Neil Anderson, marketing director, at Kingsland Drinks said it was now regularly shipping and bottling wines that retail at £12 or more.
Donaldson said some of the most expensive wines in the Morrisons range were bottled in the UK, including an old vine Shiraz from the McLaren Valley.
Sourcing troubles
It is one thing having the desire and drive to use bulk wine to make ever ambitious and innovative wines, but you still need the juice and the producers to supply them. Which in such a turbulent growing year as 2017/2018 has proved particularly taxing.
Here the repeated message was all about partnerships and producers and suppliers working together over a period of time to ensure they still have enough wine to supply each other.
Easier, perhaps, to say than do, particularly as there is now so much more competition and demand for that wine from new markets around the world.
IBWSS London heard how the increasing globalisation of the bulk wine market was good for the sector as a whole, but it added more competition to the mature markets and increased options to producers to find the right buyers and partners to work with.
Robin Copestick, managing director of Copestick Murray, said it was having to look at new and emerging markets to help source wine for its I Heart varietal brand that is now in 25 plus countries around the world.
A search that is taking it deeper into Eastern Europe and countries like Moldova as well as working even more with long standing producer partner, like Carmele Recas in Romania.
Getting it right
It was clear from the two-day conference that bulk wine means different things to different folks.
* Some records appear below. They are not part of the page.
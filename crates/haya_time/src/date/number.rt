//! Numbers of a date's text.
ghost use Rattle.std.specs.Prelude.{◌<◌, ◌≤◌, ◌^◌};

// A number of a date's text: how many digits it has, at most four, and its value.
#[derive(Clone, Copy)]
pub(super) struct Number {
    pub(super) count: u8,
    pub(super) value: u16,
    ghost short: { count ≤ 4 },
    ghost bounded: { value < 10 ^ count },
}
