//! Which pages read back from their print.
ghost use Rattle.std.specs.Prelude.{◌≡◌};
ghost use Rattle.haya_numbers.specs.Numeric.{numeric_view};
ghost use Rattle.haya_numbers.specs.Pages.{part_view, parts};
ghost use Rattle.haya_numbers.specs.PagesBack.{are_readable, fits, is_plain_number, is_plain_part};
ghost use Rattle.haya_numbers.specs.PagesBack.{is_separator_part};

use crate::{Numeric, PageRanges, PageRangesPart};

impl PageRanges {
    /// Whether these are pages and ranges with one separator between two, of single numbers
    /// from 0 on without affixes, where no hyphen is escaped. Such pages read back from
    /// their print as themselves.
    pub fn reads_back(&self) -> bool
        ensures { result ≡ are_readable (parts self.now) }
    {
        let mut wants_page = true;
        for part in &self.ranges {
            if !part.fits(wants_page) {
                return false;
            }
            wants_page = !wants_page;
        }
        !wants_page
    }
}

impl PageRangesPart {
    // Whether this may stand where a page or a range is wanted, or a separator.
    fn fits(&self, wants_page: bool) -> bool
        ensures { result ≡ fits wants_page (part_view self.now) }
    {
        if wants_page {
            self.is_plain()
        } else {
            self.is_separator()
        }
    }

    // Whether this is a page or a range of plain numbers.
    fn is_plain(&self) -> bool
        ensures { result ≡ is_plain_part (part_view self.now) }
    {
        match self {
            PageRangesPart::SinglePage(page) => is_plain_number(page),
            PageRangesPart::Range(start, end) => is_plain_number(start) && is_plain_number(end),
            PageRangesPart::Ampersand
            | PageRangesPart::Comma
            | PageRangesPart::EscapedRange(_, _) => false,
        }
    }

    // Whether this is a comma or an ampersand.
    fn is_separator(&self) -> bool
        ensures { result ≡ is_separator_part (part_view self.now) }
    {
        matches!(self, PageRangesPart::Ampersand | PageRangesPart::Comma)
    }
}

// Whether this is one number from 0 on, without affixes.
fn is_plain_number(number: &Numeric) -> bool
    ensures { result ≡ is_plain_number (numeric_view number.now) }
{
    match number.single_number() {
        Some(number) => number >= 0,
        None => false,
    }
}
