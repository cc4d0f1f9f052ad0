//! Where the text of a range is cut.
ghost use Rattle.std.specs.Prelude.{◌≡◌, [], ◌∷◌, MatchOption};
ghost use Rattle.std.specs.Str.{chars};
ghost use Rattle.haya_numbers.specs.Cuts.{dash_split, escaped_split, is_dash};

use haya_text::cursor::Cursor;

// The text before its first dash and the text behind that, if it has one.
pub(super) fn split_dash(text: &str) -> Option<(&str, &str)>
    ensures { MatchOption result
        (dash_split (chars text.now) ≡ chars text.now ∷ [])
        (λ cut. dash_split (chars text.now) ≡ chars cut.0.now ∷ dash_split (chars cut.1.now)) }
{
    let mut cursor = Cursor::new(text);
    let start = cursor.eat_while(|c| !is_dash(c));
    cursor.eat()?;
    Some((start, cursor.rest()))
}

// The text before its first escaped hyphen and the text behind that, if it has one.
pub(super) fn split_escaped(text: &str) -> Option<(&str, &str)>
    ensures { MatchOption result
        (escaped_split (chars text.now) ≡ chars text.now ∷ [])
        (λ cut. escaped_split (chars text.now)
        ≡ chars cut.0.now ∷ escaped_split (chars cut.1.now)) }
{
    text.split_once("\\-")
}

// Whether a character is a hyphen or an en dash.
fn is_dash(c: char) -> bool
    ensures { result ≡ is_dash c }
{
    matches!(c, '-' | '–')
}
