//! The pieces that a text of pages is cut into.
ghost use Rattle.std.specs.Prelude.{◌≡◌, [], ◌∷◌, MatchOption};
ghost use Rattle.std.specs.Iterator.{YieldsFirstBy, item_count};
ghost use Rattle.std.specs.Str.{chars};
ghost use Rattle.haya_numbers.specs.Pieces.{is_separator, pieces};

use haya_text::cursor::Cursor;
use std::marker::Model;

/// The pieces of a text that are left, in order.
#[derive(Drop)]
pub struct PagePieces<'a> {
    rest: &'a str,
}

impl<'a> Model for PagePieces<'a> {
    ghost use Rattle.std.specs.Prelude.{List, ℕ};
    ghost use Rattle.std.specs.Str.{chars};
    ghost use Rattle.haya_numbers.specs.Pieces.{pieces};

    ghost Value = { List (List ℕ) };

    ghost view = { λ p. pieces (chars p.rest.now) };
}

impl<'a> Iterator for PagePieces<'a> {
    type Item = &'a str;

    ghost next_gives = { YieldsFirstBy (λ piece. chars piece.now) (λ left. left) };

    ghost remaining = { item_count (λ left. left) };

    fn next(&mut self) -> Option<&'a str> {
        let (piece, rest) = split_piece(self.rest)?;
        self.rest = rest;
        Some(piece)
    }
}

/// The pieces of a text, in order: each comma and each ampersand is a piece of its own, and so is
/// each longest run of other characters. Takes no memory.
pub fn split_pages(text: &str) -> PagePieces<'_>
    ensures { result ≡ pieces (chars text.now) }
{
    PagePieces { rest: text }
}

// The text cut behind its first piece, if it has one.
fn split_piece(text: &str) -> Option<(&str, &str)>
    ensures { MatchOption result
        (chars text.now ≡ [])
        (λ cut. pieces (chars text.now) ≡ chars cut.0.now ∷ pieces (chars cut.1.now)) }
{
    let mut cursor = Cursor::new(text);
    let first = cursor.eat()?;
    if is_separator(first) {
        return Some(text.split_at(cursor.place()));
    }
    cursor.eat_while(|c| !is_separator(c));
    Some(text.split_at(cursor.place()))
}

// Whether a character is a piece of its own.
fn is_separator(c: char) -> bool
    ensures { result ≡ is_separator c }
{
    matches!(c, ',' | '&')
}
But if you are supplier operating in the sector then you have to add value, and you have to get things right, said Dr Arabella Woodrow of Broadland Wineries. Which means managing your customers’ expectations, keeping on top of where a wine might be in the supply chain, and “ironing out problems” as and when they come up.
“It is up to us to go the extra mile so the retailer does not have to.”
Here’s what you missed...
Often with these sorts of events it is interesting to see which companies were not there as well as reporting on those that were.
It was noticeable, for example, how few of the more traditional wine agency, importer and distributor businesses were absent. Companies that have, some more forcibly than others, made it quite clear that bulk wine is not for them and that they are all about finding specialist, bottled wine from producers that can tell and share a story.
If they had taken the time to come they may not have been convinced that bulk wine is the right solution for them. But they would equally have raised their eyebrows at the huge rises in turnover, sales and profitability of the previously traditional wine companies that have embraced bulk wine with both hands.
Growth figures that are a lot harder for them to find or match in the traditional wine distribution sector.
The businesses that have changed their trading models to become closer partners and suppliers of major multiples and other major customers who are increasingly looking for exclusive lines and private label brands.
Organisations that are on the front foot, investing in shopper and consumer insights and using marketing teams, brand developers, designers and creative agencies to produce brands, in different formats, that are taking up increasing space and share of supermarket wine ranges and restaurant wine lists.
It will be interesting to see if they dare stay away again next year.